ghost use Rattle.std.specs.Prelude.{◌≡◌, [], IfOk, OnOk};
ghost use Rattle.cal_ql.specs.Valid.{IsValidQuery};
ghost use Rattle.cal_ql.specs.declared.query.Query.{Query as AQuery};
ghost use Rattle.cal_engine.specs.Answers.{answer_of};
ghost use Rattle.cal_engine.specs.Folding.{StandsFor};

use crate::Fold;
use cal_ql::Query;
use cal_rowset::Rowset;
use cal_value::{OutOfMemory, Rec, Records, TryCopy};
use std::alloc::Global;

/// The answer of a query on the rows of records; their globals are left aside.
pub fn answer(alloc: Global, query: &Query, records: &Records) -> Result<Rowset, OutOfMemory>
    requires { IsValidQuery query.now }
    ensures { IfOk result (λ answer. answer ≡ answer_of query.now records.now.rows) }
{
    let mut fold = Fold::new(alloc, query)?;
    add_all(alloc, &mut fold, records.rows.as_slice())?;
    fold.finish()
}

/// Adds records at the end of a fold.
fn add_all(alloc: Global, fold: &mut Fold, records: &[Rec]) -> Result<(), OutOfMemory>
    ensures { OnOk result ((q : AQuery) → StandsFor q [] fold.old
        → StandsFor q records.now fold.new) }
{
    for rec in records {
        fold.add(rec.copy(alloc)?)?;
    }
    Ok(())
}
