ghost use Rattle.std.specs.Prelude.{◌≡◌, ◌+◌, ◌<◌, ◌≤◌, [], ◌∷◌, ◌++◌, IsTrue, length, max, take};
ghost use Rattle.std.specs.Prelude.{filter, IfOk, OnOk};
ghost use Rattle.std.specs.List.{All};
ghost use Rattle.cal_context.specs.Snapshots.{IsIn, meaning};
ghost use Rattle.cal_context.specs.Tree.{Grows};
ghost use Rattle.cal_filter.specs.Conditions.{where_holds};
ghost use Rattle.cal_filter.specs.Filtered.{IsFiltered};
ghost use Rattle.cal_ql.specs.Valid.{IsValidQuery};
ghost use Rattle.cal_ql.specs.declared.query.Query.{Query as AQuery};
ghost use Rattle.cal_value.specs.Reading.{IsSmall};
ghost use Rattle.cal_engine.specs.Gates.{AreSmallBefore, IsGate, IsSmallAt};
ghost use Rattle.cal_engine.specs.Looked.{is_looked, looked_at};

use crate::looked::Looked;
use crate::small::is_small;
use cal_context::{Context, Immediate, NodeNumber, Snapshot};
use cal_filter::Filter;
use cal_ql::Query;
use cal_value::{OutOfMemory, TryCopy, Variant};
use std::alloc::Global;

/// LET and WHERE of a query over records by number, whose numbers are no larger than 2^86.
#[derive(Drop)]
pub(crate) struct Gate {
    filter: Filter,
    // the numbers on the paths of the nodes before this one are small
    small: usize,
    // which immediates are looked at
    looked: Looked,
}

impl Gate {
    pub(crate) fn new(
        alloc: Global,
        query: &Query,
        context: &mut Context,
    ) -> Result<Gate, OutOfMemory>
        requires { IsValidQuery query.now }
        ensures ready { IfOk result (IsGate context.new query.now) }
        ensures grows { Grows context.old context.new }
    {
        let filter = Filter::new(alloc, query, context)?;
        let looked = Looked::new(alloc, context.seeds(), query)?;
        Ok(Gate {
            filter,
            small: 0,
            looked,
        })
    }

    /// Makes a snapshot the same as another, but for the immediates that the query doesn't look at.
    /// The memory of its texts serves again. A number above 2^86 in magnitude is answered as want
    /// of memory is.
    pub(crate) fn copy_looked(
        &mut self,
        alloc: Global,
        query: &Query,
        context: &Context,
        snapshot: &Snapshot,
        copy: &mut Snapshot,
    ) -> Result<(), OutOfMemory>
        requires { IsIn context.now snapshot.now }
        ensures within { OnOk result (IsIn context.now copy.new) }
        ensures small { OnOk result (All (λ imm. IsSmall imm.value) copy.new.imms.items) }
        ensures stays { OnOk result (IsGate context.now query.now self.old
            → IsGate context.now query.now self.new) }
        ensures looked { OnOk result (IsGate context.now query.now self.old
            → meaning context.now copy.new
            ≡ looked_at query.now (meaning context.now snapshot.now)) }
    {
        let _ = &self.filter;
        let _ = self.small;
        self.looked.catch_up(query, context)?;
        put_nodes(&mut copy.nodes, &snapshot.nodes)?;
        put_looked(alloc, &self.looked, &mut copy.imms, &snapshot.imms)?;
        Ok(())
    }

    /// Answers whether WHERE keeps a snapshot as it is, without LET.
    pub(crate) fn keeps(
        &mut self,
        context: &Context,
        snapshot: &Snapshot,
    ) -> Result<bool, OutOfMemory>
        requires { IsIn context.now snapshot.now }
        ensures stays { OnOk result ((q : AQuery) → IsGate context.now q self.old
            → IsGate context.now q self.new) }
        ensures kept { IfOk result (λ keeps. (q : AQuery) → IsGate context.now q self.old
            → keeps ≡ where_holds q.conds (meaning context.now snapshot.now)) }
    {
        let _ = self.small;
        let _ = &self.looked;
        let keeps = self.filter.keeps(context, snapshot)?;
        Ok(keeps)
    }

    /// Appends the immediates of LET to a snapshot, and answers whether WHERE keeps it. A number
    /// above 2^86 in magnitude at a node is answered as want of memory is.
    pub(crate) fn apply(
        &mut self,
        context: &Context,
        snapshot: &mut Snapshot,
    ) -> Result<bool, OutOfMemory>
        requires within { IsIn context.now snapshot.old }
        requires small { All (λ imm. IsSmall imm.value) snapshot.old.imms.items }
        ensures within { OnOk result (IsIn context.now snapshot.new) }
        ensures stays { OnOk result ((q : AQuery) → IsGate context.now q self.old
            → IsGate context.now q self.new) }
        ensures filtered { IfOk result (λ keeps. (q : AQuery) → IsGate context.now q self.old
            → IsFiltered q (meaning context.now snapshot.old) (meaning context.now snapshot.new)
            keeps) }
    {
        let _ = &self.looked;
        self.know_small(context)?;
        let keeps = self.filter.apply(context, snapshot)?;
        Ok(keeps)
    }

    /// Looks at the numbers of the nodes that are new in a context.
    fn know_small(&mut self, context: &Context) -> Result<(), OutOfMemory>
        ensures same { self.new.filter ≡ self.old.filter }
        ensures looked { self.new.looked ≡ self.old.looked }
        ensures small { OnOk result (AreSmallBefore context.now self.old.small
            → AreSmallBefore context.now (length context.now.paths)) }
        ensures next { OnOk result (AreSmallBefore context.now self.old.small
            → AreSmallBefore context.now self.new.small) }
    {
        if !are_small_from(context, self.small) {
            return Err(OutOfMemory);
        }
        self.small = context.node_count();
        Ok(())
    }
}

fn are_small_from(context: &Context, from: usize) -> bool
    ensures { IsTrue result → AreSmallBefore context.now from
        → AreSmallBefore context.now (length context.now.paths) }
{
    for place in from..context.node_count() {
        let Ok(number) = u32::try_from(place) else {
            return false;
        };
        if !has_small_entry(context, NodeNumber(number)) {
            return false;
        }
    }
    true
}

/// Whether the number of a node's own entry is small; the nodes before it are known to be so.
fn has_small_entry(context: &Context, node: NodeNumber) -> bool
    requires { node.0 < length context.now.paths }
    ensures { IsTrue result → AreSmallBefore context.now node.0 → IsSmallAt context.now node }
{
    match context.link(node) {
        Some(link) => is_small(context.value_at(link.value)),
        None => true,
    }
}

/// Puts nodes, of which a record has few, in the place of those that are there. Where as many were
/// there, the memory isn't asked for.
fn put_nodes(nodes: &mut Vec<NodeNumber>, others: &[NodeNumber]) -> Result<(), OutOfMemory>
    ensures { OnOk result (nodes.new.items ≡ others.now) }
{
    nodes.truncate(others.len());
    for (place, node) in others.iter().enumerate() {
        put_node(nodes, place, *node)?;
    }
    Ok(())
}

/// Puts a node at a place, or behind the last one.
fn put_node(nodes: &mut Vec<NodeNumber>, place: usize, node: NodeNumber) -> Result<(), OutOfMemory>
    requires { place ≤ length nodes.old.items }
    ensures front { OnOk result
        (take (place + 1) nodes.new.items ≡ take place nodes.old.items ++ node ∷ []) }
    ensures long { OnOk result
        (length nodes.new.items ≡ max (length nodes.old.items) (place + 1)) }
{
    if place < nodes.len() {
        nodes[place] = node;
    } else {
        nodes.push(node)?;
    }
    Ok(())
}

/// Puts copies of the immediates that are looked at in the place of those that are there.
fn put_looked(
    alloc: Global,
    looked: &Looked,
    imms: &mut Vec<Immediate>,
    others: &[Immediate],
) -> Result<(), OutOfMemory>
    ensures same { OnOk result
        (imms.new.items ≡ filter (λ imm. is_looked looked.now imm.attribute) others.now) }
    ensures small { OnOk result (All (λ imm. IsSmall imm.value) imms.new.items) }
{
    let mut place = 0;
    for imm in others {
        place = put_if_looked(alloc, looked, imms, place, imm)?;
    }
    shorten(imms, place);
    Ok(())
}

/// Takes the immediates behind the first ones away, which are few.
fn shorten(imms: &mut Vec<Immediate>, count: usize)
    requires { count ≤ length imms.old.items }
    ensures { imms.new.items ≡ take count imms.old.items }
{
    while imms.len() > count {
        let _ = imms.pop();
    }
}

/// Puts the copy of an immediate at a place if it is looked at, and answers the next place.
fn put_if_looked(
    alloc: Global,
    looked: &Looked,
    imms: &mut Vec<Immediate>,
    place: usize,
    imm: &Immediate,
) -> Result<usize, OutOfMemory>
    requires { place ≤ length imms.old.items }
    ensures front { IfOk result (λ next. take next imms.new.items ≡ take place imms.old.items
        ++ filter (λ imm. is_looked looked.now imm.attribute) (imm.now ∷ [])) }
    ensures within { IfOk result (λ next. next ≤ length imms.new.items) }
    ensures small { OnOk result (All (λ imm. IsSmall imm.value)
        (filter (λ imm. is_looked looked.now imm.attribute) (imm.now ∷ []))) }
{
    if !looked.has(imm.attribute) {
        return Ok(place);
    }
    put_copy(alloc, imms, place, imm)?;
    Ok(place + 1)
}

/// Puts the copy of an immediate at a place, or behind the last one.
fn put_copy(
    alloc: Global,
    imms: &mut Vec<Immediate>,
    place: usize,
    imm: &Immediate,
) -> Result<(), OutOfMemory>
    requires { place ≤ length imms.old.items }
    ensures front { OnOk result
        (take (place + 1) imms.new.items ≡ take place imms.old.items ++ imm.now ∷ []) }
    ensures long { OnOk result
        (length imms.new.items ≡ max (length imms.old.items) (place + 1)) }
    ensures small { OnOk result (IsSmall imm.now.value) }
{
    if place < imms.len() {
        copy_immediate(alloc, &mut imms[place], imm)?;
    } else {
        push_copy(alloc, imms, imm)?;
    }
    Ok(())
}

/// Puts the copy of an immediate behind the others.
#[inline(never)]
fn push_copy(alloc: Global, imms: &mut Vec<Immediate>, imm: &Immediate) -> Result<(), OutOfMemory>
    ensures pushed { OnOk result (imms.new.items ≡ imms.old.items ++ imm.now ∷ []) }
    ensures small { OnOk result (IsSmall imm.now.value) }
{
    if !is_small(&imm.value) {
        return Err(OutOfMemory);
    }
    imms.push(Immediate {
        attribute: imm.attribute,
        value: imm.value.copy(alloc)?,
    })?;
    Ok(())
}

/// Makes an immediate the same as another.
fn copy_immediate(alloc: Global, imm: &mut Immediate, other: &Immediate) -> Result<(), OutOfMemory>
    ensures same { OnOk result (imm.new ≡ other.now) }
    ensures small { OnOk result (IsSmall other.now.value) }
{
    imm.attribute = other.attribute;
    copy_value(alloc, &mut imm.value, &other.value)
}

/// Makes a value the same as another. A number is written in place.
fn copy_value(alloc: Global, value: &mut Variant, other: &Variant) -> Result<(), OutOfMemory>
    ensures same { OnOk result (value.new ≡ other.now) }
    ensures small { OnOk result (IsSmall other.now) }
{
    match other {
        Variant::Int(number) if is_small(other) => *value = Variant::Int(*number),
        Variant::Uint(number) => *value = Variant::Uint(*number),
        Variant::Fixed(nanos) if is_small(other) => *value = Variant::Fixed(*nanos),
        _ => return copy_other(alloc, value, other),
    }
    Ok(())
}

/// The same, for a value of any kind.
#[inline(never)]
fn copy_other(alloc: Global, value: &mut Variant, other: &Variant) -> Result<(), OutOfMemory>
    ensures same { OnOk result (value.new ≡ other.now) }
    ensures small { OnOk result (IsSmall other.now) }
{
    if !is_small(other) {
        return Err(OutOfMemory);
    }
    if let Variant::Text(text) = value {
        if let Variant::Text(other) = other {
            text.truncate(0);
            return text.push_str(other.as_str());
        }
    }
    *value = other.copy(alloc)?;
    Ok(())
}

##############################

Problem. Determine how many lines in the listing hold the word "return". Give only that figure.

Answer to this exercise. 8